WORK INSTRUCTIONS: Going through the data below, please show each line containing the string "StoreFault".

MATERIAL FOR THIS EXERCISE:
——

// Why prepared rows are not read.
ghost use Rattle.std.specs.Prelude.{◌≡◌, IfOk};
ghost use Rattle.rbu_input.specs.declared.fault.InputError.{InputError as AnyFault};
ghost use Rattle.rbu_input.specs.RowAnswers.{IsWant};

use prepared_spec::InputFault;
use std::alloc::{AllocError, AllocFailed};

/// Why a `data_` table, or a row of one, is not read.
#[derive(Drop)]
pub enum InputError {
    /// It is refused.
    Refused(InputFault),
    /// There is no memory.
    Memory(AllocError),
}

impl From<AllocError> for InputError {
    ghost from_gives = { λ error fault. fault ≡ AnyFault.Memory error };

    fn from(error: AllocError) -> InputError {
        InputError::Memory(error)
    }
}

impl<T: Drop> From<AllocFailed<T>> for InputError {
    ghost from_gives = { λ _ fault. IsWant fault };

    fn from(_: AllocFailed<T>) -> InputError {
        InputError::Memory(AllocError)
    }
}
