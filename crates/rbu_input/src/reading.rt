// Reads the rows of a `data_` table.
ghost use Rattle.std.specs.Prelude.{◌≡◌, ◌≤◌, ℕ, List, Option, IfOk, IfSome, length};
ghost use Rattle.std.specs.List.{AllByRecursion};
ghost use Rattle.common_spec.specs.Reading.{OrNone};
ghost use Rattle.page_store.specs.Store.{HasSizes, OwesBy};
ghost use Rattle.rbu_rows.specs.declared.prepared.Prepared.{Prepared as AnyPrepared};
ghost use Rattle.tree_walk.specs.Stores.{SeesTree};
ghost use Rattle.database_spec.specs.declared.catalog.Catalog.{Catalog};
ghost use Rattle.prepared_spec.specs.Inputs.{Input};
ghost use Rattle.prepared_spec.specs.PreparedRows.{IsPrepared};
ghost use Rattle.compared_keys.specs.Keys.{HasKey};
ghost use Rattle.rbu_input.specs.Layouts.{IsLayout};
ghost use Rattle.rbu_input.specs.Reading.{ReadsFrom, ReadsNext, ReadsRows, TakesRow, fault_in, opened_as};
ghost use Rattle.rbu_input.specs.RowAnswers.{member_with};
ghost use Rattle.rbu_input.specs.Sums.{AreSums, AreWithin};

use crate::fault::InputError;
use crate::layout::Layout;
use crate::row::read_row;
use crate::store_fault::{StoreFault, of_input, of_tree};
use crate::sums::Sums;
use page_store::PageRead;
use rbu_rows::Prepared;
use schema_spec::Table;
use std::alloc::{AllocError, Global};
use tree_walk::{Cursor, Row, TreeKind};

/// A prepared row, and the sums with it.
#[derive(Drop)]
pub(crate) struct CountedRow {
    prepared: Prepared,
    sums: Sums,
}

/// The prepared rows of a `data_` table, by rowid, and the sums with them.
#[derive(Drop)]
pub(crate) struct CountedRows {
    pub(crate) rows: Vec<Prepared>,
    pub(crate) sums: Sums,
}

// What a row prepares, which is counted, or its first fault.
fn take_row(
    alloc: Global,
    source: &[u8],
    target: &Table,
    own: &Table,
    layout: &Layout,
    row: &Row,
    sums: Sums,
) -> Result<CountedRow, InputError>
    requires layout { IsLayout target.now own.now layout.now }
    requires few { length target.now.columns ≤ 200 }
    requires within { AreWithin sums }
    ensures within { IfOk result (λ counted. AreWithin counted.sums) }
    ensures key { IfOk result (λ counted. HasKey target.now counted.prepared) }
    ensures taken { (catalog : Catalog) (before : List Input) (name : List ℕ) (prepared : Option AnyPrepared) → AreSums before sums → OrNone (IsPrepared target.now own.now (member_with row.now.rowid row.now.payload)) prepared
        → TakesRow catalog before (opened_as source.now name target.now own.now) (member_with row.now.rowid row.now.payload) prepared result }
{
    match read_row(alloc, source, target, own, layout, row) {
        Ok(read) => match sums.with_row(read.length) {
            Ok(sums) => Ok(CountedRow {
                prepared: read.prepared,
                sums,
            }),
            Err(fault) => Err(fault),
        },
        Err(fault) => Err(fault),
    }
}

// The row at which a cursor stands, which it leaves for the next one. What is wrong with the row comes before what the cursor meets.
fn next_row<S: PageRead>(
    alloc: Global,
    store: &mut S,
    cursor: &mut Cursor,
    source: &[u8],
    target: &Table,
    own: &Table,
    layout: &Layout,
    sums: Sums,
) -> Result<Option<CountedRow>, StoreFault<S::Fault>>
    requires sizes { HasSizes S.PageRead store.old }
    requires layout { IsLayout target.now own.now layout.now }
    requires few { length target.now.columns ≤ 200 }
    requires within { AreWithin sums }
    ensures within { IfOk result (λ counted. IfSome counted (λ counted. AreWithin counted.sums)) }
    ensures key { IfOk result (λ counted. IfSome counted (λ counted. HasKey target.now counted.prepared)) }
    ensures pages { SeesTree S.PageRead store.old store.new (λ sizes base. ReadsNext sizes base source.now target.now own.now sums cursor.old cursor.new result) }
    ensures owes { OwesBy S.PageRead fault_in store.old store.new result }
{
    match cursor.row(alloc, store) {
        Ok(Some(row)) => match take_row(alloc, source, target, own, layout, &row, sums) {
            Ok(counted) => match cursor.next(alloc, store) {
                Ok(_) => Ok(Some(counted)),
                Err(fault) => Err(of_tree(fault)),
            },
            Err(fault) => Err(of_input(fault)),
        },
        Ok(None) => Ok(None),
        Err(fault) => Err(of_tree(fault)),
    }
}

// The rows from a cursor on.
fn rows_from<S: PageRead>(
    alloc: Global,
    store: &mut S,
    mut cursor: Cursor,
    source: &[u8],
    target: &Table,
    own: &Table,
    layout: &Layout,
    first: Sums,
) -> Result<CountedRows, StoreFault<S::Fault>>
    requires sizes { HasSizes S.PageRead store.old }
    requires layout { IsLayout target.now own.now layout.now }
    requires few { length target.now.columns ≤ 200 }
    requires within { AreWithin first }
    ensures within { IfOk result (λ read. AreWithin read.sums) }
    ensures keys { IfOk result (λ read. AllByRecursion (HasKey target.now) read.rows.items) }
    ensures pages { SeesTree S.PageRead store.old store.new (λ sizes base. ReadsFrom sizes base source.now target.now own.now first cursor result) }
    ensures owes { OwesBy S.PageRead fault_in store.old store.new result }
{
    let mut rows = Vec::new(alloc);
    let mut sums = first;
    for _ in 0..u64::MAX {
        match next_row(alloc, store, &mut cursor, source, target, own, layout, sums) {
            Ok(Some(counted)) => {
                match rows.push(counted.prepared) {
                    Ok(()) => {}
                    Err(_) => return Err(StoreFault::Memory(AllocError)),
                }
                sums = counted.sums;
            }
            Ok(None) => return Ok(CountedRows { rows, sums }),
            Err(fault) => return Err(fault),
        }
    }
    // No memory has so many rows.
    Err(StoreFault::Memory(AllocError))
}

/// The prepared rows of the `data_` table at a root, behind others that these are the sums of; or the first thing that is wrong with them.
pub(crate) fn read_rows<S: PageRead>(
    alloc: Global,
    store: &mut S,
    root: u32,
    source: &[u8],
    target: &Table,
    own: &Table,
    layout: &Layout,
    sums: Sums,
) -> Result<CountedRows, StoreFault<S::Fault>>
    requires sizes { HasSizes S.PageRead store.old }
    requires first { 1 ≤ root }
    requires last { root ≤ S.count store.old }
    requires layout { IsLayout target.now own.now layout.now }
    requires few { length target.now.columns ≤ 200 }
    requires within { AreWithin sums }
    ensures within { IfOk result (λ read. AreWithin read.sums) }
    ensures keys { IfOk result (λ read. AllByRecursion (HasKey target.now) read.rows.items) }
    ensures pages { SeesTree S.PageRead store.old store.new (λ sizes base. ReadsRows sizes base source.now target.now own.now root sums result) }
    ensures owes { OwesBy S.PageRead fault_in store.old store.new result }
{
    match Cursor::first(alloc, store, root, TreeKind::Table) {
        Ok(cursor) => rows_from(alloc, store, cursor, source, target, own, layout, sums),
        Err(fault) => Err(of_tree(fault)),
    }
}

——

WRITTEN ANSWER:
use crate::store_fault::{StoreFault, of_input, of_tree};
) -> Result<Option<CountedRow>, StoreFault<S::Fault>>
) -> Result<CountedRows, StoreFault<S::Fault>>
                    Err(_) => return Err(StoreFault::Memory(AllocError)),
    Err(StoreFault::Memory(AllocError))
) -> Result<CountedRows, StoreFault<S::Fault>>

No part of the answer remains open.